Я поняла, что должна сделать. Это письмо придало мне сил как жене и привело к удивительнейшей метаморфозе нашей семьи. Я сказала Родни, что хочу вернуться в Южную Африку, и хотя это означало, что он должен будет пойти в армию, он согласился при условии, что я честно попытаюсь вести еврейский образ жизни и стану участвовать там в деятельности еврейской общины.

Наступил Песах, и я приложила титанические усилия, чтобы изучить и исполнить все законы праздника. Это был самый невероятный Песах в моей жизни. Я наслаждалась каждой его минутой. А затем мы вернулись в Южную Африку.

Встречу с общиной Йоханнесбурга я ожидала с трепетом. В Лондоне я не получала от иудаизма никакого тепла, хотя, конечно, на самом деле прохладное отношение было обоюдным: я была совершенно невосприимчива к чему-либо еврейскому в тот период.

Но в Йоханнесбурге все было по-другому. Еще до нашего приезда рав Шолом-Бер Гронер откашеровал кухню в доме моей матери, где мы собирались жить первое время. Затем – и это было самое замечательное – когда мы приземлились, в аэропорту нас встречали представители хабадской общины.

Меня приняли в общину с распростертыми объятиями, и с моей стороны чувства были взаимными. Я начала ходить на уроки Торы. Я стала участвовать в делах общины не меньше мужа. И наша жизнь пошла совсем по-другому.

Возможность лично встретиться с Ребе я получила только спустя десять лет. Я проезжала Нью-Йорк, и наши друзья организовали для меня краткую встречу с Ребе в воскресенье, перед тем, как он начинал раздавать доллары на благотворительность. Я хотела попросить благословение для моего мужа, который работал врачом с неослабным напряжением. Он всего себя отдавал пациентам. Я боялась, что такими темпами он подорвет свое здоровье.

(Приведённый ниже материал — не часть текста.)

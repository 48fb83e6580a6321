//! Replies over a database that is checked first: one function for all that is asked of it.

ghost use Rattle.std.specs.Prelude.{◌≡◌, List, map, length, IfOk, MatchResult, None};
ghost use Rattle.mm_base.specs.Statement.{PlainStatement};
ghost use Rattle.mm_text.specs.Files.{plain_file};
ghost use Rattle.mm_text.specs.Reading.{Reads};
ghost use Rattle.mm_step.specs.declared.profile.Profile.{Profile};
ghost use Rattle.mm_rules.specs.Answer.{IsVerdict, KeepsLabels, KeepsFiles};
ghost use Rattle.mm_rules.specs.Answer.{verdict_of_conclusion};
ghost use Rattle.mm_rules.specs.Status.{number_of};
ghost use Rattle.mm_rules.specs.Verdict.{HasVerdict};
ghost use Rattle.mm_verdict.specs.Reply.{status_of};
ghost use Rattle.mm_check.specs.Asked.{AsksWithin, IsAnswerOver};
ghost use Rattle.mm_check.specs.Reply.{IsQuestionReply, ListsShorter};
ghost use Rattle.mm_lemmas.specs.Told.{ListsLemmas};

use crate::question::{answer_to, text_reply};
use mm_axioms::all_axioms_text;
use mm_base::{File, Seed};
use mm_lemmas::{LemmaList, Selection, lemma_list};
use mm_minimize::{SearchWatch, Searched, Wanted, minimized_file, minimized_list};
use mm_rules::{AskFault, CheckFault, name_of};
use mm_step::Profile;
use mm_verdict::{
    Checked, Question, Reply, accepted_reply, check_with, conclusion_status, verdict_reply,
};
use std::alloc::{AllocError, Global};

/// What is asked of a database that is checked first.
#[derive(Clone, Copy)]
pub(crate) enum Asked<'a> {
    /// For the verdict alone.
    Verdict,
    /// What each theorem depends on; if `essential`, of the axioms those alone that have its type
    /// code.
    Axioms {
        essential: bool,
    },
    /// Which proofs become shorter by what the library has.
    Shorter,
    /// A question about the statement with a label.
    About {
        label: &'a [u8],
        question: Question<'a>,
    },
    /// For the bytes of a file with shorter proofs.
    File(Wanted),
    /// Which lemmas the library lacks.
    Lemmas(Selection),
}

/// The reply that lists this of the whole database.
fn list_reply(checked: &Checked, list: Result<Vec<u8>, AllocError>) -> Result<Reply, AllocError>
    ensures { IfOk result (λ reply. MatchResult list
        (λ text. (reply.text.items ≡ text.items)
        × (number_of reply.status ≡ status_of (verdict_of_conclusion checked.now)))
        (λ fault. ⊥)) }
{
    match list {
        Ok(text) => Ok(Reply {
            text,
            status: conclusion_status(checked),
        }),
        Err(fault) => Err(fault),
    }
}

/// A line for each proof that becomes shorter, and the sums.
fn shorter_text<W: SearchWatch>(
    alloc: Global,
    checked: &Checked,
    watch: &mut W,
) -> Result<Vec<u8>, AllocError>
    requires { KeepsLabels checked.now.files checked.now }
    ensures { IfOk result (λ text. (statements : List PlainStatement)
        → Reads checked.now.files statements None
        → ListsShorter checked.now.profile checked.now.files statements text.items) }
{
    match minimized_list(alloc, checked, watch) {
        Ok(text) => Ok(text),
        Err(AskFault::Memory) => Err(AllocError),
        // Nothing but lack of memory keeps the list from being made.
        Err(_) => unreachable!(),
    }
}

/// A line for each lemma that the library lacks, and the sums. The watch is told where the search
/// was broken off.
fn lemmas_text<W: SearchWatch>(
    alloc: Global,
    checked: &Checked,
    selection: Selection,
    watch: &mut W,
) -> Result<Vec<u8>, AllocError>
    ensures { IfOk result (λ text. (statements : List PlainStatement)
        → Reads checked.now.files statements None
        → ListsLemmas selection.most selection.least statements text.items) }
{
    match lemma_list(alloc, checked, selection, watch) {
        Ok(LemmaList { text, is_cut }) => {
            if is_cut {
                watch.searched(Searched::BrokenOff);
            }
            Ok(text)
        }
        Err(AskFault::Memory) => Err(AllocError),
        // Nothing but lack of memory keeps the list from being made.
        Err(_) => unreachable!(),
    }
}

/// The answer of a database in which nothing is at fault.
fn answer_over<W: SearchWatch>(
    alloc: Global,
    files: &[File],
    checked: &Checked,
    asked: Asked,
    watch: &mut W,
) -> Result<Reply, AllocError>
    requires files { KeepsFiles (map plain_file files.now) checked.now }
    requires labels { KeepsLabels checked.now.files checked.now }
    requires within { AsksWithin asked (length files.now) }
    ensures { IfOk result (λ reply. (statements : List PlainStatement)
        → Reads checked.now.files statements None
        → HasVerdict checked.now.profile checked.now.files (verdict_of_conclusion checked.now)
        → IsAnswerOver asked.entry checked.now.profile checked.now.files statements
        reply.text.items (number_of reply.status)) }
{
    match asked {
        Asked::Verdict => accepted_reply(alloc, files, checked),
        Asked::Axioms { essential } => {
            list_reply(checked, all_axioms_text(alloc, checked, essential))
        }
        Asked::Shorter => list_reply(checked, shorter_text(alloc, checked, watch)),
        Asked::About { label, question } => answer_to(alloc, checked, &question, label, watch),
        Asked::File(wanted) => {
            let name = name_of(files, wanted.number);
            text_reply(alloc, name, minimized_file(alloc, checked, wanted, watch))
        }
        Asked::Lemmas(selection) => {
            list_reply(checked, lemmas_text(alloc, checked, selection, watch))
        }
    }
}

/// The reply to what is asked, where this is the answer of `check_with`.
fn answer_or_verdict<W: SearchWatch>(
    alloc: Global,
    files: &[File],
    answer: &Result<Checked, CheckFault>,
    asked: Asked,
    watch: &mut W,
) -> Result<Reply, AllocError>
    requires labels { IfOk answer.now (KeepsLabels (map plain_file files.now)) }
    requires files { IfOk answer.now (KeepsFiles (map plain_file files.now)) }
    requires within { AsksWithin asked (length files.now) }
    ensures { IfOk result (λ reply. (profile : Profile)
        → IfOk answer.now (λ checked. checked.profile ≡ profile)
        → IsVerdict profile (map plain_file files.now) answer.now
        → IsQuestionReply profile (map plain_file files.now)
        (IsAnswerOver asked.entry profile (map plain_file files.now)) reply.text.items
        (number_of reply.status)) }
{
    match answer {
        Ok(checked) => answer_over(alloc, files, checked, asked, watch),
        Err(_) => verdict_reply(alloc, files, answer),
    }
}

/// The reply to what is asked of the files, which are checked first.
pub(crate) fn checked_reply<W: SearchWatch>(
    alloc: Global,
    seed: Seed,
    profile: Profile,
    files: &[File],
    asked: Asked,
    watch: &mut W,
) -> Result<Reply, AllocError>
    requires { AsksWithin asked (length files.now) }
    ensures { IfOk result (λ reply. IsQuestionReply profile (map plain_file files.now)
        (IsAnswerOver asked.entry profile (map plain_file files.now)) reply.text.items
        (number_of reply.status)) }
{
    let answer = check_with(alloc, seed, profile, files);
    let reply = answer_or_verdict(alloc, files, &answer, asked, watch);
    drop(answer);
    reply
}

Я пришла к Ребе с моей маленькой дочкой Мушкой в сопровождении рава Шимона Гольдмана, который представил меня как жену доктора Родни. Ребе сказал: "Я знаю, кто такой доктор Родни", – и тут же дал мне все благословения, которые я собиралась у него попросить, хотя я еще не успела рта раскрыть. Затем он вложил тридцать долларов в руку Мушке. Почему тридцать, я до сих пор не знаю. А мне он дал семь долларов на всю нашу семью.

Идет время, и я чувствую все большую благодарность Ребе за все, что он для меня сделал. Насколько бы по-другому сложилась моя жизнь, если бы не совет и благословения, которые он мне дал! Я навсегда остаюсь его должницей за ту роль, которую он сыграл в моем жизненном путешствии и в путешествии моей семьи.